Stored data:
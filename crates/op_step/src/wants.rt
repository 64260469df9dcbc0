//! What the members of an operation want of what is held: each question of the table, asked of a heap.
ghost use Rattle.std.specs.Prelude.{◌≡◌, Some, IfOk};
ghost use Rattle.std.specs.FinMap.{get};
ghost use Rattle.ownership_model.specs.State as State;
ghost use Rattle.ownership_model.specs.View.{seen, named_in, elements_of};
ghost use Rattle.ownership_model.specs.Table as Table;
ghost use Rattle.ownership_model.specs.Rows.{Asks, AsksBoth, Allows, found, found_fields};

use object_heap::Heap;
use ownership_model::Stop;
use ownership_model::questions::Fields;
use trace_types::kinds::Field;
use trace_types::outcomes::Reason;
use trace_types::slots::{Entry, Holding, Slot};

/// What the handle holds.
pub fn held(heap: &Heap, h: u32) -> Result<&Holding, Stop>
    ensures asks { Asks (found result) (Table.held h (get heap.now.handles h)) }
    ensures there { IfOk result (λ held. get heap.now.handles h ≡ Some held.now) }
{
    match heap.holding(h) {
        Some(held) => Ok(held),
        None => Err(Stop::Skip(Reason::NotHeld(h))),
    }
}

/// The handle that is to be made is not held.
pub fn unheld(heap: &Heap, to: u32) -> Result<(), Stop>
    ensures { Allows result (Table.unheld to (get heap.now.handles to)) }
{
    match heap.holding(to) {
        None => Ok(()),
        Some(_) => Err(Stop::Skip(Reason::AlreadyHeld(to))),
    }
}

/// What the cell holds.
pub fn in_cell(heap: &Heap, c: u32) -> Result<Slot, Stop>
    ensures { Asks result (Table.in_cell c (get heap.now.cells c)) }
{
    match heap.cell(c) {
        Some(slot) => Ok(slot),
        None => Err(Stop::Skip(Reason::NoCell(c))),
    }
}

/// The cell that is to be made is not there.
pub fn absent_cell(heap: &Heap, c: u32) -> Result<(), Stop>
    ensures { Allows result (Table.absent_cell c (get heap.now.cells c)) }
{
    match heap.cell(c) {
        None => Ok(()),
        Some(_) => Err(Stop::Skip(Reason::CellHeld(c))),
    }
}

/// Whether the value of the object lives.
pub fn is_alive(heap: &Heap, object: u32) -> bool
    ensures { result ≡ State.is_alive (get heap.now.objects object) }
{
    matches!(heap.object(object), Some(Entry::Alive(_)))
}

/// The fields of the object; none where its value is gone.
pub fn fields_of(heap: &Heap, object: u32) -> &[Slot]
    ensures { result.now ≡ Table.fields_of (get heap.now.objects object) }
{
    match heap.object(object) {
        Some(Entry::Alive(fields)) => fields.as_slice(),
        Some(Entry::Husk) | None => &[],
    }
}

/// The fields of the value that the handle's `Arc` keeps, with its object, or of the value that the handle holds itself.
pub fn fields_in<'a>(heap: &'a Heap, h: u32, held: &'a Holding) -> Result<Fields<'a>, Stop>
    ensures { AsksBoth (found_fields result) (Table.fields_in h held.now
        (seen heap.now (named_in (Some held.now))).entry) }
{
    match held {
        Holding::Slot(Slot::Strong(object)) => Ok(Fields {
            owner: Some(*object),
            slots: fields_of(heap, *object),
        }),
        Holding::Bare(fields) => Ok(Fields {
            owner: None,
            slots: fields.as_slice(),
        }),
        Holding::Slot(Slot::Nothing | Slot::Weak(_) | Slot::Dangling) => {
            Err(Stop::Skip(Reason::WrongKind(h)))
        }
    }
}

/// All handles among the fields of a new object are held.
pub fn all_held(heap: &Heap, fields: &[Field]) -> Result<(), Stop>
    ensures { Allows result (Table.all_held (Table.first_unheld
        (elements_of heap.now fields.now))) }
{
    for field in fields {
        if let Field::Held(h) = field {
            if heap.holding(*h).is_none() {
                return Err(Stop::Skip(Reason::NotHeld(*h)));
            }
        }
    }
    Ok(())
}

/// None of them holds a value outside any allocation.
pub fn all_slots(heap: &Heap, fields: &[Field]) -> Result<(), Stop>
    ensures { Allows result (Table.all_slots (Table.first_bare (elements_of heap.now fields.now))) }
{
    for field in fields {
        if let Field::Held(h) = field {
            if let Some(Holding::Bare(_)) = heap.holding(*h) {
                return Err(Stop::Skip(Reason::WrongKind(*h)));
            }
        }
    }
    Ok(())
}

Task requirements: Copy the records word for word.

Expected answer:
filename crates/op_step/src/wants.rt
repository 64260469df9dcbc0
//! What the members of an operation want of what is held: each question of the table, asked of a heap.
ghost use Rattle.std.specs.Prelude.{◌≡◌, Some, IfOk};
ghost use Rattle.std.specs.FinMap.{get};
ghost use Rattle.ownership_model.specs.State as State;
ghost use Rattle.ownership_model.specs.View.{seen, named_in, elements_of};
ghost use Rattle.ownership_model.specs.Table as Table;
ghost use Rattle.ownership_model.specs.Rows.{Asks, AsksBoth, Allows, found, found_fields};

use object_heap::Heap;
use ownership_model::Stop;
use ownership_model::questions::Fields;
use trace_types::kinds::Field;
use trace_types::outcomes::Reason;
use trace_types::slots::{Entry, Holding, Slot};

/// What the handle holds.
pub fn held(heap: &Heap, h: u32) -> Result<&Holding, Stop>
    ensures asks { Asks (found result) (Table.held h (get heap.now.handles h)) }
    ensures there { IfOk result (λ held. get heap.now.handles h ≡ Some held.now) }
{
    match heap.holding(h) {
        Some(held) => Ok(held),
        None => Err(Stop::Skip(Reason::NotHeld(h))),
    }
}

/// The handle that is to be made is not held.
pub fn unheld(heap: &Heap, to: u32) -> Result<(), Stop>
    ensures { Allows result (Table.unheld to (get heap.now.handles to)) }
{
    match heap.holding(to) {
        None => Ok(()),
        Some(_) => Err(Stop::Skip(Reason::AlreadyHeld(to))),
    }
}

/// What the cell holds.
pub fn in_cell(heap: &Heap, c: u32) -> Result<Slot, Stop>
    ensures { Asks result (Table.in_cell c (get heap.now.cells c)) }
{
    match heap.cell(c) {
        Some(slot) => Ok(slot),
        None => Err(Stop::Skip(Reason::NoCell(c))),
    }
}

/// The cell that is to be made is not there.
pub fn absent_cell(heap: &Heap, c: u32) -> Result<(), Stop>
    ensures { Allows result (Table.absent_cell c (get heap.now.cells c)) }
{
    match heap.cell(c) {
        None => Ok(()),
        Some(_) => Err(Stop::Skip(Reason::CellHeld(c))),
    }
}

/// Whether the value of the object lives.
pub fn is_alive(heap: &Heap, object: u32) -> bool
    ensures { result ≡ State.is_alive (get heap.now.objects object) }
{
    matches!(heap.object(object), Some(Entry::Alive(_)))
}

/// The fields of the object; none where its value is gone.
pub fn fields_of(heap: &Heap, object: u32) -> &[Slot]
    ensures { result.now ≡ Table.fields_of (get heap.now.objects object) }
{
    match heap.object(object) {
        Some(Entry::Alive(fields)) => fields.as_slice(),
        Some(Entry::Husk) | None => &[],
    }
}

/// The fields of the value that the handle's `Arc` keeps, with its object, or of the value that the handle holds itself.
pub fn fields_in<'a>(heap: &'a Heap, h: u32, held: &'a Holding) -> Result<Fields<'a>, Stop>
    ensures { AsksBoth (found_fields result) (Table.fields_in h held.now
        (seen heap.now (named_in (Some held.now))).entry) }
{
    match held {
        Holding::Slot(Slot::Strong(object)) => Ok(Fields {
            owner: Some(*object),
            slots: fields_of(heap, *object),
        }),
        Holding::Bare(fields) => Ok(Fields {
            owner: None,
            slots: fields.as_slice(),
        }),
        Holding::Slot(Slot::Nothing | Slot::Weak(_) | Slot::Dangling) => {
            Err(Stop::Skip(Reason::WrongKind(h)))
        }
    }
}

/// All handles among the fields of a new object are held.
pub fn all_held(heap: &Heap, fields: &[Field]) -> Result<(), Stop>
    ensures { Allows result (Table.all_held (Table.first_unheld
        (elements_of heap.now fields.now))) }
{
    for field in fields {
        if let Field::Held(h) = field {
            if heap.holding(*h).is_none() {
                return Err(Stop::Skip(Reason::NotHeld(*h)));
            }
        }
    }
    Ok(())
}

/// None of them holds a value outside any allocation.
pub fn all_slots(heap: &Heap, fields: &[Field]) -> Result<(), Stop>
    ensures { Allows result (Table.all_slots (Table.first_bare (elements_of heap.now fields.now))) }
{
    for field in fields {
        if let Field::Held(h) = field {
            if let Some(Holding::Bare(_)) = heap.holding(*h) {
                return Err(Stop::Skip(Reason::WrongKind(*h)));
            }
        }
    }
    Ok(())
}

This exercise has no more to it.